# Bourdain's Blog on Celeb Chefs



## harpua (May 4, 2005)

I didn't realize this was Bourdain's commentary until I read all of it. My fav is the one about Sandra Lee. Very funny.


----------



## botanique (Mar 23, 2005)

Stop, stop, stop... please! :bounce: I can't breathe! :lol::lol::lol::lol::lol::lol:

I don't feel bad about my review anymore....


----------



## shel (Dec 20, 2006)

Hi Harpua ....

Thanks for posting that link.








*Shel*


----------



## headless chicken (Apr 28, 2003)

Ditto on that gif.

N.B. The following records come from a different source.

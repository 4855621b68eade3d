//! One instance, run from its expected scalars and compared with what is predicted of it.

ghost use Rattle.std.specs.Prelude.{◌≡◌, ◌<◌, ℕ, Some, false, length, pos, IsOk};
ghost use Rattle.nest_lang.specs.declared.tree.Part.TheVariants.{Head as HeadPart};
ghost use Rattle.nest_lang.specs.Blocks.{block_ref, head_at};
ghost use Rattle.domain.specs.Instances.{block_of, Predicted};
ghost use Rattle.domain.specs.Steps.{next};
ghost use Rattle.follow.specs.Turnings.{IsTurning};
ghost use Rattle.follow.specs.Told.{told};
ghost use Rattle.follow_chunk.specs.Predicted.{occurrence_of, scalars_at, forecast_of};
ghost use Rattle.follow_chunk.specs.Tasks.{task_of, IsTask, IsSomeTask};
ghost use Rattle.follow_chunk.specs.Followed.{IsRun, IsInstanceFollowed, ChangesWrites, ClosesSmall, IsClosedSmall};

use crate::expect::Foreseen;
use crate::place::cut;
use crate::task::{Deviation, Followed, Task};
use block_exec::Port;
use domain::{Instance, What, expected, successor};
use follow::{Differs, How, Turning, VerifyingPort};
use nest_lang::{BlockRef, Head};

impl<const D: usize> Task<'_, D> {
    /// The block of an instance.
    pub(crate) fn block(&self, inst: &Instance<D>) -> BlockRef
        requires task { IsSomeTask D (task_of self.now) }
        requires predicted { Predicted self.now.pred.now self.now.chunk inst.now }
        ensures { result ≡ block_ref (block_of self.now.pred.now inst.now).part (block_of self.now.pred.now inst.now).level }
    {
        let forms = self.pred.block(inst.block);
        BlockRef {
            part: forms.part,
            level: forms.level,
        }
    }

    /// An instance that is expected to begin with the scalars of the successor: that successor, and where there are no
    /// scalars any.
    fn next_or_any(&self, inst: &Instance<D>) -> Instance<D>
        requires few { D < 7 }
        requires task { IsSomeTask D (task_of self.now) }
        requires predicted { Predicted self.now.pred.now self.now.chunk inst.now }
        ensures { scalars_at self.now.pred.now result ≡ scalars_at self.now.pred.now (next self.now.pred.now inst.now) }
    {
        let count = self.scalars;
        if count == 0 {
            return *inst;
        }
        self.successor(inst)
    }

    /// The successor of an instance. Out of line, so that where none is looked for there is no room made for it.
    #[inline(never)]
    fn successor(&self, inst: &Instance<D>) -> Instance<D>
        requires few { D < 7 }
        requires task { IsSomeTask D (task_of self.now) }
        requires predicted { Predicted self.now.pred.now self.now.chunk inst.now }
        ensures { result ≡ next self.now.pred.now inst.now }
    {
        successor(self.pred, inst)
    }

    /// What is expected of an instance, which is predicted in the task's chunk.
    pub fn foreseen<'i>(&'i self, inst: &'i Instance<D>) -> Foreseen<'i, D>
        requires few { D < 7 }
        requires task { IsSomeTask D (task_of self.now) }
        requires predicted { Predicted self.now.pred.now self.now.chunk inst.now }
        ensures pred { result.pred.now ≡ self.now.pred.now }
        ensures inst { result.inst.now ≡ inst.now }
        ensures next { scalars_at self.now.pred.now result.next ≡ scalars_at self.now.pred.now (next self.now.pred.now inst.now) }
    {
        Foreseen {
            pred: self.pred,
            inst,
            next: self.next_or_any(inst),
            forms: self.pred.block(inst.block),
        }
    }

    /// What is expected of the head of that block, of which this is an instance.
    pub(crate) fn turning(&self, inst: &Instance<D>, block: BlockRef, head: &Head) -> Turning
        requires few { D < 7 }
        requires task { IsSomeTask D (task_of self.now) }
        requires predicted { Predicted self.now.pred.now self.now.chunk inst.now }
        requires block { block ≡ block_ref (block_of self.now.pred.now inst.now).part (block_of self.now.pred.now inst.now).level }
        requires part { block.part ≡ HeadPart }
        requires head { head_at self.now.nest.now.loops block.level ≡ Some head.now }
        ensures { IsTurning (forecast_of self.now.pred.now) (occurrence_of self.now.pred.now inst.now) head.now result }
    {
        let depth = block.level as usize - 1;
        let around = Instance {
            block: inst.block,
            at: cut(&inst.at, depth),
        };
        let trip = expected(self.pred, &around, What::Trip).unwrap_or(0);
        match head {
            Head::For(_, _, _) => {
                Turning::Bounds(expected(self.pred, inst, What::Lower).unwrap_or(0), trip)
            }
            Head::While(_) => {
                Turning::Holds(block.level <= 1 || i128::from(inst.at[depth]) < trip)
            }
        }
    }

    /// Runs an instance from its expected scalars, and compares it with what is predicted of it; where it differs, `how`
    /// says how.
    #[inline(always)]
    fn follow<P: Port>(
        &self,
        inst: &Instance<D>,
        port: &mut P,
        how: &mut How,
    ) -> Result<u64, Differs>
        requires few { D < 7 }
        requires task { IsSomeTask D (task_of self.now) }
        requires predicted { Predicted self.now.pred.now self.now.chunk inst.now }
        requires plain { (P.expects port.old).verifies ≡ false }
        ensures run { IsRun (task_of self.now) inst.now (P.memory port.old) (told result how.new) (P.memory port.new) }
        ensures changes { ChangesWrites self.now.pred.now inst.now (P.memory port.old) (P.memory port.new) }
        ensures closes { IsOk result → ClosesSmall self.now.pred.now inst.now }
        ensures expects { P.expects port.new ≡ P.expects port.old }
        ensures basis { P.basis port.new ≡ P.basis port.old }
    {
        let foreseen = self.foreseen(inst);
        let mut verified = VerifyingPort::new(port, &foreseen);
        self.follow_own(&foreseen, &mut verified, how)
    }
}

/// Runs one instance from its expected scalars, and compares it with what is predicted of it: each address before the
/// port is asked, what a head yields, and after the last step each scalar with that expected of the instance's
/// successor, which is then an i64. Whether it differs or not, it changes no word that is none of its writes. The instance
/// is predicted in the task's chunk, and the port doesn't verify. In line with what it calls, down to the run of a block, so
/// that the answer of an instance which follows is put nowhere.
#[inline(always)]
pub fn follow_instance<P: Port, const D: usize>(
    task: &Task<'_, D>,
    inst: &Instance<D>,
    port: &mut P,
) -> Followed<D>
    requires few { D < 7 }
    requires task { IsTask D (task_of task.now) (pos (length (P.memory port.old))) }
    requires predicted { Predicted task.now.pred.now task.now.chunk inst.now }
    requires plain { (P.expects port.old).verifies ≡ false }
    ensures followed { IsInstanceFollowed (task_of task.now) inst.now (P.memory port.old) result (P.memory port.new) }
    ensures changes { ChangesWrites task.now.pred.now inst.now (P.memory port.old) (P.memory port.new) }
    ensures closes { IsClosedSmall task.now.pred.now inst.now result }
    ensures expects { P.expects port.new ≡ P.expects port.old }
    ensures basis { P.basis port.new ≡ P.basis port.old }
{
    let mut how = How::Limit;
    match task.follow(inst, port, &mut how) {
        Ok(steps) => Followed::Same { steps },
        Err(_) => Followed::Differs(Deviation { at: *inst, how }),
    }
}
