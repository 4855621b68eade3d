//! Instances of a list, one after another.

ghost use Rattle.std.specs.Prelude.{◌≡◌, ◌<◌, ◌≤◌, false, length, pos};
ghost use Rattle.std.specs.List.{AllByRecursion};
ghost use Rattle.domain.specs.Instances.{Predicted};
ghost use Rattle.follow_chunk.specs.Tasks.{task_of, IsTask};
ghost use Rattle.follow_chunk.specs.Followed.{IsListFollowed};

use crate::instance::follow_instance;
use crate::task::{Followed, Task};
use block_exec::Port;
use domain::Instance;

/// Follows the instances of a list one after another, each as `follow_instance` does, and stops at the first that
/// differs. The empty list gives `Same` with 0 steps. Each instance is predicted in the task's chunk, there are at most
/// 65,536 of them, and the port doesn't verify.
pub fn follow_list<P: Port, const D: usize>(
    task: &Task<'_, D>,
    list: &[Instance<D>],
    port: &mut P,
) -> Followed<D>
    requires few { D < 7 }
    requires task { IsTask D (task_of task.now) (pos (length (P.memory port.old))) }
    requires short { length list.now ≤ 65536 }
    requires predicted { AllByRecursion (Predicted task.now.pred.now task.now.chunk) list.now }
    requires plain { (P.expects port.old).verifies ≡ false }
    ensures followed { IsListFollowed (task_of task.now) list.now (P.memory port.old) result (P.memory port.new) }
    ensures expects { P.expects port.new ≡ P.expects port.old }
    ensures basis { P.basis port.new ≡ P.basis port.old }
{
    let mut steps = 0;
    for inst in list {
        match follow_instance(task, inst, port) {
            Followed::Same { steps: more } => steps += more,
            Followed::Differs(deviation) => return Followed::Differs(deviation),
        }
    }
    Followed::Same { steps }
}
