//! What is expected of an instance.

ghost use Rattle.std.specs.Prelude.{◌≡◌, ◌<◌, ◌≤◌, ℕ, pos, length, slice_index_or, Some, option_map, FitsSigned};
ghost use Rattle.std.specs.Int.{w64};
ghost use Rattle.affine.specs.Forms.{value_at};
ghost use Rattle.domain.specs.Instances.{block_of};
ghost use Rattle.follow.specs.Intervals.{interval_by};
ghost use Rattle.follow_chunk.specs.Predicted.{scalars_at, interval_about, interval_at};

use arrayvec::ArrayVec;
use domain::{AccessForm, BlockForms, Instance, Prediction, What, expected};
use follow::{Expected, Interval};

/// A scalar expected as an instance begins, by number; 0 where there is no form of it.
#[tactic(auto, using(crate::proofs::PredictingLaws::scalar_expected))]
pub fn expected_scalar<const D: usize>(pred: &Prediction<D>, inst: &Instance<D>, number: u8) -> i128
    requires { D < 7 }
    ensures { result ≡ slice_index_or (scalars_at pred.now inst.now) number (pos 0) }
{
    expected(pred, inst, What::Scalar(number)).unwrap_or(0)
}

/// The expected interval of an access, by number; None where there is no form of its line.
#[tactic(auto, unfolding(crate::specs::Predicted::interval_at))]
pub fn expected_interval<const D: usize>(
    pred: &Prediction<D>,
    inst: &Instance<D>,
    access: u8,
) -> Option<Interval>
    requires { D < 7 }
    ensures { interval_by result ≡ interval_at pred.now inst.now access }
{
    let line = expected(pred, inst, What::Address(access))?;
    let (low, high) = pred.tube(inst.block, access)?;
    Some(Interval { line, low, high })
}

/// The scalars expected as an instance begins, of which there are so many (at most 16).
pub fn scalars_at<const D: usize>(
    pred: &Prediction<D>,
    inst: &Instance<D>,
    count: u8,
) -> ArrayVec<i128, 16>
    requires few { D < 7 }
    requires short { count ≤ 16 }
    requires count { length (block_of pred.now inst.now).scalars ≡ count }
    ensures { result.items ≡ scalars_at pred.now inst.now }
{
    let mut scalars = ArrayVec::new();
    for number in 0..count {
        scalars.push(expected_scalar(pred, inst, number));
    }
    scalars
}

/// The same numbers as i64s, which they are.
pub fn narrowed(scalars: &[i128]) -> ArrayVec<i64, 16>
    requires short { length scalars.now ≤ 16 }
    requires fits { (k : ℕ) → FitsSigned w64 (slice_index_or scalars.now k (pos 0)) }
    ensures { result.items ≡ scalars.now }
{
    let mut narrow = ArrayVec::new();
    for scalar in scalars {
        narrow.push(*scalar as i64);
    }
    narrow
}

/// Sets each scalar to the one expected as an instance begins, which is an i64.
pub(crate) fn begin<const D: usize>(pred: &Prediction<D>, inst: &Instance<D>, scalars: &mut [i64])
    requires few { D < 7 }
    requires short { length scalars.old ≤ 16 }
    requires count { length (block_of pred.now inst.now).scalars ≡ length scalars.old }
    requires fits { (k : ℕ) → FitsSigned w64 (slice_index_or (scalars_at pred.now inst.now) k (pos 0)) }
    ensures { scalars.new ≡ scalars_at pred.now inst.now }
{
    for number in 0..scalars.len() {
        scalars[number] = expected_scalar(pred, inst, number as u8) as i64;
    }
}

/// The interval of an access at turn numbers; None where there is no form of its line.
fn interval_of<const D: usize>(access: &AccessForm<D>, at: &[i64; D]) -> Option<Interval>
    requires { D < 7 }
    ensures { interval_by result ≡ interval_about (option_map (λ form. value_at form at.now) access.now.line) (Some (access.now.low, access.now.high)) }
{
    match &access.line {
        Some(form) => Some(Interval {
            line: form.at(at),
            low: access.low,
            high: access.high,
        }),
        None => None,
    }
}

/// What a prediction expects of one instance, after which the scalars are those that `next` begins with. The forms of the
/// instance's block are found once; each is evaluated where its value is asked for.
#[derive(Drop)]
pub struct Foreseen<'a, const D: usize> {
    pub pred: &'a Prediction<D>,
    pub inst: &'a Instance<D>,
    pub next: Instance<D>,
    pub forms: &'a BlockForms<D>,
    ghost few: { D < 7 },
    ghost block: { forms.now ≡ block_of pred.now inst.now },
}

impl<const D: usize> Expected for Foreseen<'_, D> {
    ghost intervals = { λ e. interval_at e.pred.now e.inst.now };

    ghost after = { λ e. scalars_at e.pred.now e.next };

    fn interval(&self, access: u8) -> Option<Interval> {
        let inst = self.inst;
        match self.forms.access(access) {
            Some(form) => interval_of(form, &inst.at),
            None => None,
        }
    }

    fn scalar_after(&self, number: u8) -> i128 {
        expected_scalar(self.pred, &self.next, number)
    }
}
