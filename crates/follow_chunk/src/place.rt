//! Where an instance runs: the turn numbers of the loops around it, and the values of their names.

ghost use Rattle.std.specs.Prelude.{◌≡◌, ◌<◌, ◌≤◌, ◌+◌, take, FitsSigned};
ghost use Rattle.std.specs.Int.{w64};
ghost use Rattle.nest_lang.specs.Lookups.{Expectation};
ghost use Rattle.nest_lang.specs.Loops.{frame_of};
ghost use Rattle.block_exec.specs.Sites.{frame_at};
ghost use Rattle.domain.specs.Tables.{cut, counters};
ghost use Rattle.domain.specs.Instances.{block_of, Predicted};
ghost use Rattle.follow.specs.Instances.{lower_at};
ghost use Rattle.follow_chunk.specs.Predicted.{forecast_of};
ghost use Rattle.follow_chunk.specs.Items.{around_of, name_value};
ghost use Rattle.follow_chunk.specs.Tasks.{task_of, IsSomeTask};

use crate::task::Task;
use block_exec::{Site, value_of_turn};
use domain::Instance;
use nest_lang::{BlockRef, Head};

/// The first counters, and zeros in place of the others.
pub fn cut<const D: usize>(at: &[i64; D], places: usize) -> [i64; D]
    requires { D < 7 }
    ensures { result ≡ cut places at.now }
{
    let mut point = *at;
    for place in places..D {
        point[place] = 0;
    }
    point
}

impl<const D: usize> Task<'_, D> {
    /// The lower bound of the `for` inside so many others that are around an instance: that of the position for the
    /// outermost loop, and the expected one for an inner loop.
    fn lower(&self, inst: &Instance<D>, depth: usize) -> i64
        requires few { D < 7 }
        requires task { IsSomeTask D (task_of self.now) }
        requires predicted { Predicted self.now.pred.now self.now.chunk inst.now }
        requires around { depth < counters self.now.pred.now (block_of self.now.pred.now inst.now) }
        requires fits { 1 ≤ depth → FitsSigned w64 (lower_at (forecast_of self.now.pred.now) self.now.outer (depth + 1) (take depth inst.now.at)) }
        ensures { result ≡ lower_at (forecast_of self.now.pred.now) self.now.outer (depth + 1) (take depth inst.now.at) }
    {
        if depth == 0 {
            return self.outer.lower;
        }
        match &self.pred.level(depth).lower {
            Some(form) => form.at(&cut(&inst.at, depth)) as i64,
            None => 0,
        }
    }

    /// The value of the name of the loop inside so many others, in its turn at an instance; of a `while` the turn number.
    fn value(&self, inst: &Instance<D>, depth: usize) -> i64
        requires few { D < 7 }
        requires task { IsSomeTask D (task_of self.now) }
        requires predicted { Predicted self.now.pred.now self.now.chunk inst.now }
        requires around { depth < counters self.now.pred.now (block_of self.now.pred.now inst.now) }
        ensures { result ≡ name_value self.now.pred.now self.now.nest.now.loops self.now.outer inst.now.at depth }
    {
        let turn = inst.at[depth];
        let Some(head) = self.nest.head(depth as u8 + 1) else {
            unreachable!()
        };
        match head {
            Head::For(_, _, stride) => value_of_turn(self.lower(inst, depth), *stride, turn as u64),
            Head::While(_) => turn,
        }
    }

    /// The values of the names of the loops around an instance, of so many, and then zeros.
    pub(crate) fn values(&self, inst: &Instance<D>, loops: usize) -> [i64; D]
        requires few { D < 7 }
        requires task { IsSomeTask D (task_of self.now) }
        requires predicted { Predicted self.now.pred.now self.now.chunk inst.now }
        requires around { loops ≡ counters self.now.pred.now (block_of self.now.pred.now inst.now) }
        ensures { take loops result ≡ (around_of self.now.pred.now self.now.nest.now.loops self.now.outer (take loops inst.now.at)).values }
    {
        let mut values = [0; D];
        for depth in 0..loops {
            values[depth] = self.value(inst, depth);
        }
        values
    }

    /// Where an instance of that block runs, inside of so many loops: at its own turn numbers, with these values of the
    /// loops' names.
    pub(crate) fn site<'i>(
        &self,
        block: BlockRef,
        inst: &'i Instance<D>,
        values: &'i [i64; D],
        loops: usize,
    ) -> Site<'i>
        requires few { D < 7 }
        requires task { IsSomeTask D (task_of self.now) }
        requires predicted { Predicted self.now.pred.now self.now.chunk inst.now }
        requires around { loops ≡ counters self.now.pred.now (block_of self.now.pred.now inst.now) }
        requires values { take loops values.now ≡ (around_of self.now.pred.now self.now.nest.now.loops self.now.outer (take loops inst.now.at)).values }
        ensures { (x : Expectation) → frame_at result x ≡ frame_of x block.part block.level (around_of self.now.pred.now self.now.nest.now.loops self.now.outer (take loops inst.now.at)) }
    {
        Site {
            block,
            counters: &inst.at[..loops],
            values: &values[..loops],
        }
    }
}
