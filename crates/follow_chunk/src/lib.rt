//! Instances of a launched chunk against a prediction, and lists of them.
//!
//! A `Task` is a chunk of turns of a nest, from a position of its outermost loop, with what is predicted of it.
//! `follow_instance` finds an instance of it in the nest, runs it from its expected scalars over a port, and compares
//! all that it shows, and its scalars at the end, with what the prediction says; `follow_list` does so with a list, one
//! instance after another, up to the first that differs. Their contracts give the follow run and the deviation of
//! `follow`, at the forecast that the prediction's table makes.
//!
//! The crate stands on `follow`, whose calls run one block or head against what is expected of it, and on `domain`,
//! which has predictions, instances and their successors. It takes no memory: a form is evaluated where its value is
//! asked for. `laws` ties its instances to the items that `follow`'s laws speak of. The layers that run tiles of instances
//! on several threads use its calls, and its definitions of forecasts and items.
#![tactic(auto)]

mod expect;
mod instance;
pub mod laws;
mod list;
mod place;
mod task;
mod verified;

pub use expect::{Foreseen, expected_interval, expected_scalar, narrowed, scalars_at};
pub use instance::follow_instance;
pub use list::follow_list;
pub use task::{Deviation, Followed, Task};
pub use verified::follow_verified;
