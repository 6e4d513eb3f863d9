// Lists the board image on standard input with the full list of known kinds. docs/LISTING.md has the format.

#![tactic(auto)]

use console::program::with_image;
use std::io;

mod codes;
mod fields;
mod lines;
mod text;

// Over 65,536 bytes are refused whatever they are: so 65,537 bytes are read, and no more.
fn main(rt: HostRuntime) -> io::Result<()> {
    with_image(&rt, "board_list", &mut [0u8; 65537], |image| {
        lines::list(&rt.stdout(), image)
    })
}
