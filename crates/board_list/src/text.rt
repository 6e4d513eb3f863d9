// Names, labels, signatures and spans as they are shown.
use console::request::first_of;
use console::show::{Place, Quoted};
use octets::Span;
use std::fmt;

// What follows the fields, by place and length.
#[derive(Clone, Copy)]
pub struct Part(pub Span);

impl fmt::Display for Part {
    fn fmt<W: fmt::Write>(&self, f: &mut fmt::Formatter<W>) -> fmt::Result {
        let place = self.0.place;
        let length = self.0.length;
        write!(f, "at {} length {length}", Place(place))
    }
}

// Bytes without the zeros at their end.
fn trimmed(bytes: &[u8]) -> &[u8] {
    let mut rest = bytes;
    while let [front @ .., 0] = rest {
        rest = front;
    }
    rest
}

// A quoted text.
#[derive(Clone, Copy)]
struct QuotedText<'a>(&'a [u8]);

impl fmt::Display for QuotedText<'_> {
    fn fmt<W: fmt::Write>(&self, f: &mut fmt::Formatter<W>) -> fmt::Result {
        f.write_str("\"")?;
        for c in self.0 {
            write!(f, "{}", Quoted(*c))?;
        }
        f.write_str("\"")
    }
}

// A name: its text, without the zeros at its end.
#[derive(Clone, Copy)]
pub struct Name<'a>(pub &'a [u8]);

impl fmt::Display for Name<'_> {
    fn fmt<W: fmt::Write>(&self, f: &mut fmt::Formatter<W>) -> fmt::Result {
        write!(f, "{}", QuotedText(trimmed(self.0)))
    }
}

// A label: its text, without '$' and what is behind it.
#[derive(Clone, Copy)]
pub struct Label<'a>(pub &'a [u8]);

impl fmt::Display for Label<'_> {
    fn fmt<W: fmt::Write>(&self, f: &mut fmt::Formatter<W>) -> fmt::Result {
        let n = first_of(self.0, b'$');
        write!(f, "{}", QuotedText(&self.0[..n]))
    }
}

// The eight bytes of a signature, without the zeros at its end. A blank is told by its number.
#[derive(Clone, Copy)]
pub struct Signature(pub u64);

impl fmt::Display for Signature {
    fn fmt<W: fmt::Write>(&self, f: &mut fmt::Formatter<W>) -> fmt::Result {
        for c in trimmed(&self.0.to_le_bytes()) {
            match *c {
                b' ' => f.write_str("\\x20")?,
                c => write!(f, "{}", Quoted(c))?,
            }
        }
        Ok(())
    }
}
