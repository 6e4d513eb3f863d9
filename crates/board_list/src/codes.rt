// What codes mean, in the words of the layout paper. An accepted image has no other value than those named here. The codes stay numbers: an enum would name
// each code twice, where it is read and where it is shown.
use std::fmt;

// What a code means, behind the code; nothing of one that is not named.
#[derive(Clone, Copy)]
pub struct Meaning(pub Option<&'static str>);

impl fmt::Display for Meaning {
    fn fmt<W: fmt::Write>(&self, f: &mut fmt::Formatter<W>) -> fmt::Result {
        match self.0 {
            Some(words) => write!(f, " = {words}"),
            None => Ok(()),
        }
    }
}

// Speed, of `$EeprMap`.
pub fn speed(code: u8) -> Meaning {
    Meaning(match code {
        0 => Some("Unknown"),
        1 => Some("100KHz (Standard speed)"),
        2 => Some("400KHz (Fast speed)"),
        3 => Some("3.4MHz (High speed)"),
        _ => None,
    })
}

// BoardType, of `$BrdInfo`.
pub fn board_type(code: u8) -> Meaning {
    Meaning(match code {
        0 => Some("Main board"),
        1 => Some("Plug-in board"),
        _ => None,
    })
}

// HashType, of `$PromSig`. Only the hashes of 1 to 3 can be signed.
pub fn hash_type(code: u16) -> Meaning {
    Meaning(match code {
        0 => Some("None"),
        1 => Some("MD5"),
        2 => Some("SHA-1"),
        3 => Some("SHA-256"),
        4 => Some("SHA-384"),
        5 => Some("SHA-512"),
        0x8001 => Some("MD5, signed"),
        0x8002 => Some("SHA-1, signed"),
        0x8003 => Some("SHA-256, signed"),
        _ => None,
    })
}

// DataType, of `$FPGAnfo`.
pub fn fpga_data_type(code: u8) -> Meaning {
    Meaning(match code {
        0 => Some("Unknown"),
        1 => Some("UART"),
        2 => Some("I2C"),
        3 => Some("SPI"),
        4 => Some("PCI"),
        _ => None,
    })
}

// DataType, of a record of `$GpioDat`.
pub fn gpio_data_type(code: u8) -> Meaning {
    Meaning(match code {
        0 => Some("IO"),
        1 => Some("MMIO"),
        2 => Some("PCI"),
        3 => Some("PCIe"),
        4 => Some("PAD Offset"),
        _ => None,
    })
}
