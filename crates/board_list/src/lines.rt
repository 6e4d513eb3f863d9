// The lines of a listing.
use super::fields::{
    put_board, put_eeprom, put_fpga, put_gpio_record, put_mac, put_map, put_map_record, put_memory,
    put_prom_sig,
};
use super::text::{Part, Signature};
use board::{Fields, Known, ShownItem, gpio_record_at, item_at, map_record_at};
use board_layout::{Records, next_place, record_place, struct_len};
use board_rules::judge;
use console::show::Place;
use console::words::InWords;
use kinds::Kinds;
use octets::le32_at;
use std::io;

// The line of a record.
fn put_record(
    out: &impl Print,
    which: Records,
    image: &[u8],
    number: usize,
    place: u32,
) -> io::Result<()> {
    match which {
        Records::Map => put_map_record(out, number, map_record_at(image, place)),
        Records::Gpio => put_gpio_record(out, number, gpio_record_at(image, place)),
    }
}

// The records of the structure at a place: how many, and a line for each. (All of an accepted image lie below 65,536.)
fn put_records(
    out: &impl Print,
    which: Records,
    image: &[u8],
    at: u32,
    count: usize,
) -> io::Result<()> {
    print!(out; "\n  records {count}")?;
    for number in 0..count {
        let Some(place) = record_place(which, image, at, number) else {
            return Ok(());
        };
        if 65536 <= place {
            return Ok(());
        }
        put_record(out, which, image, number, place as u32)?;
    }
    Ok(())
}

// The fields of a structure, by its table.
fn put_fields(out: &impl Print, image: &[u8], at: u32, fields: Fields) -> io::Result<()> {
    match fields {
        Fields::Eeprom(x) => put_eeprom(out, x),
        Fields::EeprMap(x) => {
            put_map(out, x)?;
            put_records(out, Records::Map, image, at, x.mapdata.length / 0x20)
        }
        Fields::BrdInfo(x) => put_board(out, x),
        Fields::PromSig(x) => put_prom_sig(out, x),
        Fields::AcpiTbl(span) => print!(out; "\n  AcpiTbl {}", Part(span)),
        Fields::FpgaNfo(x) => put_fpga(out, x),
        Fields::GpioDat(span) => put_records(out, Records::Gpio, image, at, span.length / 0x30),
        Fields::HdCodec(span) => print!(out; "\n  HdaCodec {}", Part(span)),
        Fields::Logo(span) => print!(out; "\n  LogoData {}", Part(span)),
        Fields::MemCnfg(x) => put_memory(out, x),
        Fields::MacInfo(x) => put_mac(out, x),
        Fields::UCode(span) => print!(out; "\n  UcodeData {}", Part(span)),
        Fields::Video(span) => print!(out; "\n  VideoData {}", Part(span)),
    }
}

// What a known structure says: its version and its Length, and then its fields.
fn put_known(out: &impl Print, image: &[u8], at: u32, known: Known) -> io::Result<()> {
    print!(out; " {}.{} Length {}", known.major, known.minor, known.length)?;
    put_fields(out, image, at, known.fields)
}

// The lines of an item.
fn put_item(out: &impl Print, image: &[u8], at: u32, shown: ShownItem) -> io::Result<()> {
    print!(out; "{} {}", Place(shown.place), Signature(shown.signature))?;
    match shown.item {
        Some(known) => put_known(out, image, at, known)?,
        None => print!(out; " unknown length {}", shown.length)?,
    }
    println!(out)
}

// The lines of all items. (An item tells where the next one starts, so this is no loop over a range.)
fn put_items(out: &impl Print, image: &[u8], kinds: Kinds) -> io::Result<()> {
    let end = struct_len(image) as usize;
    let mut at = 0;
    // No `for` over a range: each structure tells where the next one starts.
    while at < end {
        put_item(out, image, at as u32, item_at(image, kinds, at as u32))?;
        at = next_place(image, at as u32);
    }
    Ok(())
}

// The listing of an image.
pub fn list(out: &impl Print, image: &[u8]) -> io::Result<()> {
    let kinds = Kinds::full_list();
    match judge(image, kinds) {
        Ok(count) => {
            let length = struct_len(image);
            let version = le32_at(image, 0x1C);
            println!(out; "board 1 items {count} length {length} version {version}")?;
            put_items(out, image, kinds)
        }
        Err(refusal) => println!(out; "{}", InWords(refusal)),
    }
}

I now see why hes no longer on Food Network and went over to Discovery Travel.


----------



## ramon (Oct 17, 2007)

I like Bourdain, I watch his show all the time on the Travel Channel.


----------



## harpua (May 4, 2005)

It's funny because I rented a few of his episodes, and then I started reading one of his books and the dialogue was almost exactly the same. For example, when he is in Vegas, jumping with Elvis, his commentary is exactly the same in the book.

I mean, it's not bad or anything; who can blame him? He has to write and do a show. It was annoying, though.


----------



## rat (Mar 2, 2006)

I can't believe no one blasted Kat Kora, I keep forgetting the restaurants she ran to become such a famous chef....


----------